どことなくげんなりした顔で、ヴェニさんがドリンクをじっと見下ろす。
かと思えば、一気に飲み干した。
え? この行動にどんな意味が……?
一体何をするのか、本当にあの鳥を墜とせるのか。
さっきまでこちらに全く気を払わず飛んでいた、あの怪鳥。
だけど俺達が足を止めたあたりから、何処かを目指していた筈なのに今は一つ所に留まっている。
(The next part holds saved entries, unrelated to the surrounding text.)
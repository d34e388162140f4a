//! The step that reads a package.

ghost use Rattle.std.specs.Prelude.{◌<◌, ◌^◌, Ok, length, IfOk, IfErr};
ghost use Rattle.ir_tree.specs.Rules.Verified.{IsVerified};
ghost use Rattle.xls_cmd.specs.Shared.Done.{StopsBy};
ghost use Rattle.xls_cmd.specs.Ir.Commands.{ReadsPackage};

use crate::shared::{Refusal, read_text};
use ir_text::parser::read_ir;
use ir_tree::Package;
use std::alloc::Global;

/// The package of a file's bytes.
pub fn read_package<'a>(alloc: Global, name: &'a str, bytes: &[u8]) -> Result<Package, Refusal<'a>>
    requires { length bytes.now < 2 ^ 32 }
    ensures reads { IfOk result (λ ir. ReadsPackage name.entry.now bytes.now (Ok ir)) }
    ensures verified { IfOk result (λ ir. IsVerified ir) }
    ensures refused { IfErr result (StopsBy (ReadsPackage name.entry.now bytes.now)) }
{
    let text = read_text(name, bytes)?;
    match read_ir(alloc, text) {
        Ok(ir) => Ok(ir),
        Err(error) => Err(Refusal::of_text(name, error)),
    }
}
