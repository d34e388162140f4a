ghost use Rattle.std.specs.Prelude.{◌≡◌, ◌<◌, ◌^◌, Ok, length, IfOk, IfErr};
ghost use Rattle.xls_cmd.specs.Shared.Done.{StopsBy};
ghost use Rattle.cmd_line.specs.Bounds.{IsWorkerCount};
ghost use Rattle.cmd_line.specs.Named.{named_run};
ghost use Rattle.xls_cmd.specs.Ir.Commands.{run_texts};
ghost use Rattle.xls_cmd.specs.Ir.Ready.{IsReady, shown};

use crate::design::{inputs_of, run_text, run_text_alone};
use crate::ir::source::read_package;
use crate::shared::Refusal;
use cmd_line::{How, Run};
use ir_eval::bodies_of;
use ir_tree::{Package, net_of};
use net_core::{Inputs, Net};
use std::alloc::{AllocError, Global};
use std::sync::Wait;
use std::thread::Threads;
use xb_io::Gate;

/// What a run of a package is made of: the package, its network, and the words of its inputs.
#[derive(Drop)]
pub struct RunnablePackage {
    pub ir: Package,
    pub net: Net,
    pub inputs: Inputs,
}

/// Reads the package and the words of its inputs, once both files are loaded.
pub fn runnable_package<'a>(
    alloc: Global,
    arguments: &Run<&'a str>,
    bytes: &[u8],
    file: &[u8],
) -> Result<RunnablePackage, Refusal<'a>>
    requires design { length bytes.now < 2 ^ 32 }
    requires inputs { length file.now < 2 ^ 32 }
    ensures gives { IfOk result (λ ready. run_texts (named_run arguments.now) bytes.now file.now (Ok (shown arguments.now.how ready))) }
    ensures refused { IfErr result (StopsBy (run_texts (named_run arguments.now) bytes.now file.now)) }
    ensures fits { IfOk result IsReady }
{
    let ir = read_package(alloc, arguments.design, bytes)?;
    let net = net_of(alloc, &ir)?;
    let inputs = inputs_of(alloc, arguments.inputs, file, &net)?;
    Ok(RunnablePackage { ir, net, inputs })
}

/// What a run of a package by several workers shows.
pub fn run_package<R: Threads + Wait + Sync, G: Gate + Sync>(
    rt: &R,
    alloc: Global,
    ready: &RunnablePackage,
    how: How,
    gate: &G,
) -> Result<Vec<u8>, AllocError>
    requires workers { IsWorkerCount how.workers }
    requires fits { IsReady ready.now }
    ensures { IfOk result (λ text. text.items ≡ shown how ready.now) }
{
    let bodies = bodies_of(alloc, &ready.ir)?;
    run_text(
        rt,
        alloc,
        &ready.net,
        bodies.as_slice(),
        &ready.inputs,
        how,
        gate,
    )
}

/// What a run of a package in one thread shows.
pub fn run_package_alone(
    alloc: Global,
    ready: &RunnablePackage,
    how: How,
) -> Result<Vec<u8>, AllocError>
    requires fits { IsReady ready.now }
    ensures { IfOk result (λ text. text.items ≡ shown how ready.now) }
{
    let bodies = bodies_of(alloc, &ready.ir)?;
    run_text_alone(alloc, &ready.net, bodies.as_slice(), &ready.inputs, how)
}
まるで獲物の死を待つハゲワシのように、空の高いところをゆったりと旋回していた。
獲物の筈のスタインは、その足にしっかりと掴んでいるのにな。
鳥が一体なんのつもりなのか、全くわからない。
ヴェニさんはじとっとした半眼で鳥を睨みつけると……
「――て・め・え、は………………何してやがんだ、この馬鹿鳥がーっ!!」
さっきまでの落ち着いた姿が、見間違いだったかと思う激しさで。
3歩、助走をつけて、鳥めがけて栄養ドリンクの空き瓶を投げつけた。
「え、すごい」
目を丸くして、呆然とエステラが呟く。
俺も同感だ。
完全人力で投擲された空き瓶は、放物線を描く……ことなく。
真っ直ぐ一直線に鳥めがけて、かっとんだ。
「ごみのポイ捨てはいけないんだよ、ヴェニ君」
「これ見よがしに渡しておいて何を言う」
空き瓶を投擲した本人達が何か言っていたが、俺達はそれを耳に入れることなく瓶の行方を見守った。
剛速球だった。
そして、凄い音がした。
『きゅぃ~っ!?』
一拍遅れて、鳥の悲鳴? らしき鳴き声。
そのまま鳥は錐揉み回転しながら墜落していく……
「お、おい、スタインが……!」
「大丈夫です!」
「え、サラス? お前の親父さんだろ、何を根拠に……」
「父さんだったら、さっき防御魔法の呪文唱えてましたから! 僕も、衝撃緩和と小規模結界の加護を神様にお願いしましたし……」
「お前らのさっきの葬式しか連想しねえアレってそうだったのか!?」
「ややこしい! 紛らわしい!」
鳥が墜落して、俺達の間にも少し余裕が出てきた。
まだスタインも回収出来てないのにな。
俺達は鳥の墜落予想地点まで走る。
さっきよりは上向きになった心持で。
お礼を言った後も、ヴェニさん達はついてきた。
彼らがどういうつもりかはわからないが、どうやら少しの間同行するつもりらしい。
とりあえず今は、スタインの無事が優先だ。
ヴェニ君
→20歳まで遊び人気取って怠惰にふらふらしていた状態でなお、即日救世主ご一行様の仲間入りして戦力としてまともに戦えるポテンシャルの持ち主。
……が、10年前からメイちゃんに付き合わされて指導している内に自然と自己の戦闘力にも研鑽を積んでしまった結果 → 今のヴェニ君。
もしかしたら全力で殴れば一発でラスボスのHPもがりっと1割くらい削れるんじゃないかとメイちゃんは疑っている。
リューク様と王都の襲撃犯(笑)
一応、顔を隠していたし。
そしてリューク様は襲撃の瞬間にメイちゃんに昏倒させられているしで、どうやら夜会で襲撃してきた不審者(笑)についてはほぼほぼ記憶がない様子。